Full text search

R

RomanovAS2012-11-23 07:04:03

PHP

RomanovAS, 2012-11-23 07:04:03

Full text search

Hello dear experts!

There was a need to implement a search in the database of documents ranging in size from 100 to 150 gigabytes. Among the documents there are formats: text, HTML, PDF, OpenOffice, OpenDocument, Microsoft Word/Excel, RTF.

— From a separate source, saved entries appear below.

//! Steps that a caller gives.
ghost use Rattle.std.specs.Prelude.{◌≡◌, ◌⊎◌, ℕ, IfErr, IfOk, List, MatchOption, map};
ghost use Rattle.rap_events.specs.Step.{step_value};
ghost use Rattle.rap_events.specs.StepValue.{StepValue};
ghost use Rattle.rap_c.specs.Shown.{AreStepsOf, IsMessageAt, IsStepOf};

use crate::answer::Fault;
use crate::numbers::kind_of;
use crate::step::{ENTER, EXIT, MESSAGE, RapStep, SPLIT, TOKEN};
use ra_ap_parser::Step;
use std::alloc::Global;
use std::str;

/// The message that stands at these bytes, if one does.
fn message_at(messages: &[u8], start: usize, end: usize) -> Option<&str>
    ensures { MatchOption result ((bytes : List ℕ) → ¬ IsMessageAt messages.now start end bytes) (λ text. IsMessageAt messages.now start end text.now) }
{
    if start > end || end > messages.len() {
        return None;
    }
    match str::from_utf8(&messages[start..end]) {
        Ok(text) => Some(text),
        Err(_) => None,
    }
}

/// A token's step, if its numbers are those of one.
fn token_step<'m>(step: &RapStep) -> Option<Step<'m>>
    requires { step.now.what ≡ 2 }
    ensures { MatchOption result ((messages : List ℕ) (value : StepValue) → ¬ IsStepOf messages step.now value) (λ token. (messages : List ℕ) → IsStepOf messages step.now (step_value token)) }
{
    let kind = kind_of(step.kind)?;
    if step.start > step.end || step.end - step.start > 255 {
        return None;
    }
    let n_input_tokens = (step.end - step.start) as u8;
    Some(Step::Token {
        kind,
        n_input_tokens,
    })
}

/// A float's step, if its numbers are those of one.
fn split_step<'m>(step: &RapStep) -> Option<Step<'m>>
    requires { step.now.what ≡ 4 }
    ensures { MatchOption result ((messages : List ℕ) (value : StepValue) → ¬ IsStepOf messages step.now value) (λ split. (messages : List ℕ) → IsStepOf messages step.now (step_value split)) }
{
    match step.kind {
        0 => Some(Step::FloatSplit { ends_in_dot: false }),
        1 => Some(Step::FloatSplit { ends_in_dot: true }),
        _ => None,
    }
}

/// The step that the numbers show, if they show one.
fn step_of<'m>(step: &RapStep, messages: &'m [u8]) -> Option<Step<'m>>
    ensures { MatchOption result ((value : StepValue) → ¬ IsStepOf messages.now step.now value) (λ given. IsStepOf messages.now step.now (step_value given)) }
{
    match step.what {
        ENTER => {
            let kind = kind_of(step.kind)?;
            Some(Step::Enter { kind })
        }
        EXIT => Some(Step::Exit),
        TOKEN => token_step(step),
        MESSAGE => {
            let msg = message_at(messages, step.start, step.end)?;
            Some(Step::Error { msg })
        }
        SPLIT => split_step(step),
        _ => None,
    }
}

/// The steps that the numbers show.
pub fn steps_of<'m>(
    alloc: Global,
    steps: &[RapStep],
    messages: &'m [u8],
) -> Result<Vec<Step<'m>>, Fault>
    ensures steps { IfOk result (λ given. AreStepsOf messages.now steps.now (map step_value given.items)) }
    ensures fault { IfErr result (λ fault. ((fault ≡ Fault.NoSteps) × ((values : List StepValue) → ¬ AreStepsOf messages.now steps.now values)) ⊎ (fault ≡ Fault.NoMemory)) }
{
    let Ok(mut given) = Vec::with_capacity(alloc, steps.len()) else {
        return Err(Fault::NoMemory);
    };
    'steps: for step in steps {
        let Some(next) = step_of(step, messages) else {
            return Err(Fault::NoSteps);
        };
        let Ok(()) = given.push(next) else {
            return Err(Fault::NoMemory);
        };
    }
    Ok(given)
}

The search will be carried out by about 300 people permanently connected to the database, people are located in different cities of Russia.

Texts in Russian.

What do you advise?

1. What systems exist to implement such a search?
2. Is it possible to index such a volume of information?
3. How long will it take to search such a database?
4. What capacity of the server should be allocated to solve such a problem?
5. Where is the best place to store indexes?
6. Is it possible to access the search engine through PHP?
7. Deadlines for the implementation of the task?

Thank you in advance!

Reply

Answer the question

In order to leave comments, you need to log in

5 answer(s)

R

Roman Makarov, 2012-11-23
@vollossy

And you did not look towards Sphinx or, for example, Zend Lucene . This is the first thing that came to mind. Although, to be honest, I'm not sure how suitable they are for a particular task.

R

Renat Ibragimov, 2012-11-23
@MpaK999

Solr is able to index documents very well - lucene.apache.org/solr/ will have to play a little with the Russian language.
I won't speak for the PHP adapter (but it should be), there is a REST API, so everything is easy.

S

sajgak, 2012-11-23
@sajgak

Instead of Solr, I advise you to use ElasticSearch. Both of them are built on Lucene, but in elastic things are much better with the speed of adding, changing documents in the index + sharding out of the box. Worked with both systems, even subjectively elastic has a more user-friendly query language

D

dali, 2012-11-23
@dali

If we talk about Sphinx, then it needs a database as a data source (so that it can retrieve data using sql) or xml (xml-pipes). That is, before setting up the sphinx, you will need to either write all your documents to the database or convert them to xml. Here you can come up with several solutions, depending on what you need. Suppose you do not need a full-text search for documents, you can assign keywords to each document, then in xml you can write the keywords and the name of the document, the search is carried out by keywords, the document is issued. Well, or completely pull out the text from the documents, put it in the database (having come up with a structure before that), perform a full-text search.
About volumes: 100-150 GB is certainly a lot, although it is possible that when you pull out the text from documents, the volume will be reduced, but not a fact. But keep in mind that Sphinx builds indexes, and they will take at least three times more space. Therefore, the disk will need a minimum of terabytes and as quickly as possible.
For hardware: I have a search for a 1GB table that works quietly (and very fast) at 512 meters of RAM on 1 core on hosting under Debian 5.5. The indexer can limit memory consumption, then it will index more slowly. But you can configure it to index only what you need.
And there are many ways to implement it, but it all depends on what you need to get at the output, how to look for it and what.

C

cat_crash, 2012-11-23
@cat_crash

Perhaps a panacea - company.yandex.ru/technologies/server/
Sphinx - does not know how to index files.